======== THE RECORDS ========

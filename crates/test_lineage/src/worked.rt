// Queries with their lineage, worked out by hand.
use crate::told::{plain_text_of, records_text_of, schema_of, text_of, traced};
use nq_model::Memory;
use std::process::Abort;
use test_support::org;

// The tables of an organisation, each row with its number.
const TABLES: [&str; 4] = [
    "name,#\nProduct,1\nQuality,2\nResearch,3\nSales,4\n",
    "dept,name,salary,#\nProduct,Alex,20000,1\nProduct,Bert,900,2\nSales,Erik,2000000,3\n",
    "employee,task,#\nAlex,build,1\nBert,build,2\nErik,call,3\nErik,enthuse,4\n",
    "dept,name,client,#\nProduct,Pam,false,1\nQuality,Quinn,true,2\nSales,Sue,true,3\n",
];

// The same, where one department stands twice, there are eleven tasks, and no contacts.
const OTHERS: [&str; 4] = [
    "name,#\nProduct,1\nProduct,2\n",
    "dept,name,salary,#\nProduct,Alex,1,1\nProduct,Bert,2,2\n",
    "employee,task,#\na,b,1\na,b,2\na,b,3\na,b,4\na,b,5\na,b,6\na,b,7\na,b,8\na,b,9\na,b,10\na,b,11\n",
    "dept,name,client,#\n",
];

// The employees of each department.
const STAFF: &str = "for (d <- table departments)
    [(d = d.name, es = for (e <- table employees) where (e.dept == d.name) [e.name])]";

// A query, and its lineage.
const QUERIES: [(&str, &str); 13] = [
    // An inner element has the rows of its own generators alone.
    (
        STAFF,
        "{(d = 'Product', es = {'Alex' @ [employees 1], 'Bert' @ [employees 2]}) @ [departments 1], (d = 'Quality', es = {}) @ [departments 2], (d = 'Research', es = {}) @ [departments 3], (d = 'Sales', es = {'Erik' @ [employees 3]}) @ [departments 4]}",
    ),
    // Equal values stay apart by their rows; a constant has none.
    (
        "[1] ++ (for (x <- table tasks) [1])",
        "{1 @ [], 1 @ [tasks 1], 1 @ [tasks 2], 1 @ [tasks 3], 1 @ [tasks 4]}",
    ),
    // The outer row stands first.
    (
        "for (d <- table departments) for (e <- table employees)
         where (e.dept == d.name) [e.name]",
        "{'Alex' @ [departments 1, employees 1], 'Bert' @ [departments 1, employees 2], 'Erik' @ [departments 4, employees 3]}",
    ),
    (
        "for (x <- for (e <- table employees) where (e.salary > 0) [e])
         for (c <- table contacts) where (c.dept == x.dept) [(n = x.name, c = c.name)]",
        "{(c = 'Pam', n = 'Alex') @ [employees 1, contacts 1], (c = 'Pam', n = 'Bert') @ [employees 2, contacts 1], (c = 'Sue', n = 'Erik') @ [employees 3, contacts 3]}",
    ),
    // Sides of a union differ in how many rows they have, outside and inside.
    (
        "(for (d <- table departments) where (d.name == 'Sales')
           [(n = 'a', b = for (e <- table employees) where (e.dept == d.name) [e.name])])
         ++ [(n = 'b', b = (for (t <- table tasks) for (e <- table employees)
              where (t.employee == e.name) [t.task]) ++ ['x'])]",
        "{(b = {'Erik' @ [employees 3]}, n = 'a') @ [departments 4], (b = {'build' @ [tasks 1, employees 1], 'build' @ [tasks 2, employees 2], 'call' @ [tasks 3, employees 3], 'enthuse' @ [tasks 4, employees 3], 'x' @ []}, n = 'b') @ []}",
    ),
    // Fewer rows stand before more.
    (
        "(for (d <- table departments) for (e <- table employees)
           where (d.name == 'Sales' && e.dept == d.name) [1])
         ++ (for (d <- table departments) where (d.name == 'Sales') [1])
         ++ (for (e <- table employees) where (e.name == 'Erik') [1])",
        "{1 @ [departments 4], 1 @ [departments 4, employees 3], 1 @ [employees 3]}",
    ),
    // The rows that a test, a count or a sum looks at are none of the element's.
    (
        "for (d <- table departments)
         where (empty(for (e <- table employees) where (e.dept == d.name) [e])) [d.name]",
        "{'Quality' @ [departments 2], 'Research' @ [departments 3]}",
    ),
    (
        "nq 2; for (d <- table departments) [(n = count(
           for (e <- table employees) where (e.dept == d.name) [e]), s = sum(
           for (e <- table employees) where (e.dept == d.name) [e.salary]))]",
        "{(n = 0, s = 0) @ [departments 2], (n = 0, s = 0) @ [departments 3], (n = 1, s = 2000000) @ [departments 4], (n = 2, s = 20900) @ [departments 1]}",
    ),
    // A row may be of one table twice.
    (
        "for (t <- table tasks) for (u <- table tasks)
         where (t.task == u.task && t.employee < u.employee) [t.task]",
        "{'build' @ [tasks 1, tasks 2]}",
    ),
    (
        "let of = fun (n: text) -> for (t <- table tasks) where (t.employee == n) [t.task];
         [(a = of('Alex'), b = of('Erik'))]",
        "{(a = {'build' @ [tasks 1]}, b = {'call' @ [tasks 3], 'enthuse' @ [tasks 4]}) @ []}",
    ),
    (
        "for (d <- table departments) where (d.name == 'Sales') [[[d.name]]]",
        "{{{'Sales' @ []} @ []} @ [departments 4]}",
    ),
    (
        "if empty(table tasks) then table departments
         else for (d <- table departments) where (d.name < 'Q') [d]",
        "{(name = 'Product') @ [departments 1]}",
    ),
    ("[: (a: int, b: [text])]", "{}"),
];

// Over the other tables.
const OTHER_QUERIES: [(&str, &str); 3] = [
    // Equal rows are two rows.
    (
        STAFF,
        "{(d = 'Product', es = {'Alex' @ [employees 1], 'Bert' @ [employees 2]}) @ [departments 1], (d = 'Product', es = {'Alex' @ [employees 1], 'Bert' @ [employees 2]}) @ [departments 2]}",
    ),
    // Rows stand by their numbers and not by the texts of these.
    (
        "for (t <- table tasks) [1]",
        "{1 @ [tasks 1], 1 @ [tasks 2], 1 @ [tasks 3], 1 @ [tasks 4], 1 @ [tasks 5], 1 @ [tasks 6], 1 @ [tasks 7], 1 @ [tasks 8], 1 @ [tasks 9], 1 @ [tasks 10], 1 @ [tasks 11]}",
    ),
    ("table contacts", "{}"),
];

#[test]
fn tells_the_rows(rt: HostRuntime) -> Result<(), Memory> {
    let alloc = rt.alloc();
    let schema = org(alloc)?;
    for (query, want) in &QUERIES {
        let traced = traced(alloc, &schema, &TABLES, query)?;
        assert_eq!(&rt; text_of(alloc, traced)?.as_str(), *want);
    }
    for (query, want) in &OTHER_QUERIES {
        let traced = traced(alloc, &schema, &OTHERS, query)?;
        assert_eq!(&rt; text_of(alloc, traced)?.as_str(), *want);
    }
    Ok(())
}

#[test]
fn erases_the_rows(rt: HostRuntime) -> Result<(), Memory> {
    let alloc = rt.alloc();
    let schema = org(alloc)?;
    let traced = traced(alloc, &schema, &TABLES, STAFF)?;
    assert_eq!(&rt;
        plain_text_of(alloc, &traced)?.as_str(),
        "{(d = 'Product', es = {'Alex', 'Bert'}), (d = 'Quality', es = {}), (d = 'Research', es = {}), (d = 'Sales', es = {'Erik'})}"
    );
    Ok(())
}

#[test]
fn records_the_rows(rt: HostRuntime) -> Result<(), Memory> {
    let alloc = rt.alloc();
    let schema = org(alloc)?;
    let query = "[(n = [1], e = for (e <- table employees) for (d <- table departments)
        where (e.dept == d.name && e.name == 'Erik') [e.name])]";
    let traced = traced(alloc, &schema, &TABLES, query)?;
    assert_eq!(&rt;
        records_text_of(alloc, traced)?.as_str(),
        "{(rows = {}, value = (e = {(rows = {{'employees', 3}, {'departments', 4}}, value = 'Erik')}, n = {(rows = {}, value = 1)}))}"
    );
    Ok(())
}

// Eleven tables. The label of the tenth number stands between those of the first and the second.
const ELEVEN: &str = "table a (x: int); table b (x: int); table c (x: int); table d (x: int);
table e (x: int); table f (x: int); table g (x: int); table h (x: int); table i (x: int);
table j (x: int); table k (x: int);";

// The rows of the second table are two, those of the tenth are three.
const ROWS: [&str; 11] = [
    "x,#\n0,1\n",
    "x,#\n0,1\n1,2\n",
    "x,#\n0,1\n",
    "x,#\n0,1\n",
    "x,#\n0,1\n",
    "x,#\n0,1\n",
    "x,#\n0,1\n",
    "x,#\n0,1\n",
    "x,#\n0,1\n",
    "x,#\n0,1\n0,2\n1,3\n",
    "x,#\n0,1\n",
];

#[test]
fn keeps_the_order_of_eleven_generators(rt: HostRuntime) -> Result<(), Memory> {
    let alloc = rt.alloc();
    let schema = schema_of(alloc, ELEVEN)?;
    let query = "for (a <- table a) for (b <- table b) for (c <- table c) for (d <- table d)
        for (e <- table e) for (f <- table f) for (g <- table g) for (h <- table h)
        for (i <- table i) for (j <- table j) for (k <- table k)
        where (b.x == 1 && j.x == 1) [k.x]";
    let traced = traced(alloc, &schema, &ROWS, query)?;
    assert_eq!(&rt;
        text_of(alloc, traced)?.as_str(),
        "{0 @ [a 1, b 2, c 1, d 1, e 1, f 1, g 1, h 1, i 1, j 3, k 1]}"
    );
    Ok(())
}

========

### INSTRUCTIONS FOR THE TASK:
Using the records above, set down exactly the lines from the one with "and no contacts." through the one with "and its lineage.", inclusive, and nothing more.

### RESULT OF THE EXERCISE:
// The same, where one department stands twice, there are eleven tasks, and no contacts.
const OTHERS: [&str; 4] = [
    "name,#\nProduct,1\nProduct,2\n",
    "dept,name,salary,#\nProduct,Alex,1,1\nProduct,Bert,2,2\n",
    "employee,task,#\na,b,1\na,b,2\na,b,3\na,b,4\na,b,5\na,b,6\na,b,7\na,b,8\na,b,9\na,b,10\na,b,11\n",
    "dept,name,client,#\n",
];

// The employees of each department.
const STAFF: &str = "for (d <- table departments)
    [(d = d.name, es = for (e <- table employees) where (e.dept == d.name) [e.name])]";

// A query, and its lineage.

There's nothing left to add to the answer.